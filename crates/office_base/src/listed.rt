// A list of values that contracts see as a list, and not as a vector with its room.
ghost use Rattle.std.specs.Prelude.{◌≡◌, ◌<◌, ◌∷◌, [], ◌++◌, ℕ, length, OnOk, OnErr, IfOk, List, IsTrue, take, ◌↔◌};

use crate::{OutOfMemory, Pair, Person};
use std::alloc::Global;
use std::marker::Model;

/// A growing list on the heap.
#[derive(Drop)]
pub struct Listed<T> {
    items: Vec<T>,
}

/// Persons, in the order in which they are listed.
pub type People = Listed<Person>;

/// The pairs of a certificate.
pub type Pairs = Listed<Pair>;

/// Bytes of a text.
pub type Text = Listed<u8>;

impl<T> Model for Listed<T> {
    ghost Value = { List T };

    ghost view = { λ a. a.items.items };
}

impl<T> Listed<T> {
    /// Returns the empty list. It allocates nothing; `push` allocates from `alloc`.
    pub fn new(alloc: Global) -> Listed<T>
        ensures { result ≡ [] }
    {
        Listed {
            items: Vec::new(alloc),
        }
    }

    /// Returns the empty list, with room for this many values.
    pub fn with_capacity(alloc: Global, room: usize) -> Result<Listed<T>, OutOfMemory>
        ensures { IfOk result (λ list. list ≡ []) }
    {
        Ok(Listed {
            items: Vec::with_capacity(alloc, room)?,
        })
    }

    /// Returns the values of a vector, in their order. It allocates nothing.
    pub fn from_vec(items: Vec<T>) -> Listed<T>
        ensures { result ≡ items.items }
    {
        Listed { items }
    }

    pub fn len(&self) -> usize
        ensures { result ≡ length self.now }
    {
        self.items.len()
    }

    pub fn is_empty(&self) -> bool
        ensures { IsTrue result ↔ (self.now ≡ []) }
    {
        self.items.is_empty()
    }

    pub fn as_slice(&self) -> &[T]
        ensures { result.now ≡ self.now }
    {
        self.items.as_slice()
    }
}

impl<T: Drop> Listed<T> {
    /// Puts a value at the end. If memory runs out, the list is unchanged and the value is dropped.
    pub fn push(&mut self, value: T) -> Result<(), OutOfMemory>
        ensures ok { OnOk result (self.new ≡ self.old ++ value ∷ []) }
        ensures err { OnErr result (self.new ≡ self.old) }
    {
        self.items.push(value)?;
        Ok(())
    }

    /// Returns unused room to the allocator, if the allocator takes it. The values stay. It allocates nothing.
    pub fn shrink_to_fit(&mut self)
        ensures { self.new ≡ self.old }
    {
        self.items.shrink_to_fit();
    }

    /// Keeps the first `len` values, or all if there are no more, and drops the others. It allocates nothing.
    pub fn truncate(&mut self, len: usize)
        ensures { self.new ≡ take len self.old }
    {
        self.items.truncate(len);
    }
}

impl<T: Copy> Listed<T> {
    /// Returns a copy of the list with the same values.
    pub fn copy(&self, alloc: Global) -> Result<Listed<T>, OutOfMemory>
        ensures { IfOk result (λ list. list ≡ self.now) }
    {
        Ok(Listed {
            items: Vec::from_slice(alloc, self.items.as_slice())?,
        })
    }

    /// Puts copies of these values at the end, all or none. If memory runs out, the list is unchanged.
    pub fn extend_from_slice(&mut self, more: &[T]) -> Result<(), OutOfMemory>
        ensures ok { OnOk result (self.new ≡ self.old ++ more.now) }
        ensures err { OnErr result (self.new ≡ self.old) }
    {
        self.items.extend_from_slice(more)?;
        Ok(())
    }
}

Your task
Your answer must be the records above, repeated exactly.

Exercise output
filename crates/office_base/src/listed.rt
// A list of values that contracts see as a list, and not as a vector with its room.
ghost use Rattle.std.specs.Prelude.{◌≡◌, ◌<◌, ◌∷◌, [], ◌++◌, ℕ, length, OnOk, OnErr, IfOk, List, IsTrue, take, ◌↔◌};

use crate::{OutOfMemory, Pair, Person};
use std::alloc::Global;
use std::marker::Model;

/// A growing list on the heap.
#[derive(Drop)]
pub struct Listed<T> {
    items: Vec<T>,
}

/// Persons, in the order in which they are listed.
pub type People = Listed<Person>;

/// The pairs of a certificate.
pub type Pairs = Listed<Pair>;

/// Bytes of a text.
pub type Text = Listed<u8>;

impl<T> Model for Listed<T> {
    ghost Value = { List T };

    ghost view = { λ a. a.items.items };
}

impl<T> Listed<T> {
    /// Returns the empty list. It allocates nothing; `push` allocates from `alloc`.
    pub fn new(alloc: Global) -> Listed<T>
        ensures { result ≡ [] }
    {
        Listed {
            items: Vec::new(alloc),
        }
    }

    /// Returns the empty list, with room for this many values.
    pub fn with_capacity(alloc: Global, room: usize) -> Result<Listed<T>, OutOfMemory>
        ensures { IfOk result (λ list. list ≡ []) }
    {
        Ok(Listed {
            items: Vec::with_capacity(alloc, room)?,
        })
    }

    /// Returns the values of a vector, in their order. It allocates nothing.
    pub fn from_vec(items: Vec<T>) -> Listed<T>
        ensures { result ≡ items.items }
    {
        Listed { items }
    }

    pub fn len(&self) -> usize
        ensures { result ≡ length self.now }
    {
        self.items.len()
    }

    pub fn is_empty(&self) -> bool
        ensures { IsTrue result ↔ (self.now ≡ []) }
    {
        self.items.is_empty()
    }

    pub fn as_slice(&self) -> &[T]
        ensures { result.now ≡ self.now }
    {
        self.items.as_slice()
    }
}

impl<T: Drop> Listed<T> {
    /// Puts a value at the end. If memory runs out, the list is unchanged and the value is dropped.
    pub fn push(&mut self, value: T) -> Result<(), OutOfMemory>
        ensures ok { OnOk result (self.new ≡ self.old ++ value ∷ []) }
        ensures err { OnErr result (self.new ≡ self.old) }
    {
        self.items.push(value)?;
        Ok(())
    }

    /// Returns unused room to the allocator, if the allocator takes it. The values stay. It allocates nothing.
    pub fn shrink_to_fit(&mut self)
        ensures { self.new ≡ self.old }
    {
        self.items.shrink_to_fit();
    }

    /// Keeps the first `len` values, or all if there are no more, and drops the others. It allocates nothing.
    pub fn truncate(&mut self, len: usize)
        ensures { self.new ≡ take len self.old }
    {
        self.items.truncate(len);
    }
}

impl<T: Copy> Listed<T> {
    /// Returns a copy of the list with the same values.
    pub fn copy(&self, alloc: Global) -> Result<Listed<T>, OutOfMemory>
        ensures { IfOk result (λ list. list ≡ self.now) }
    {
        Ok(Listed {
            items: Vec::from_slice(alloc, self.items.as_slice())?,
        })
    }

    /// Puts copies of these values at the end, all or none. If memory runs out, the list is unchanged.
    pub fn extend_from_slice(&mut self, more: &[T]) -> Result<(), OutOfMemory>
        ensures ok { OnOk result (self.new ≡ self.old ++ more.now) }
        ensures err { OnErr result (self.new ≡ self.old) }
    {
        self.items.extend_from_slice(more)?;
        Ok(())
    }
}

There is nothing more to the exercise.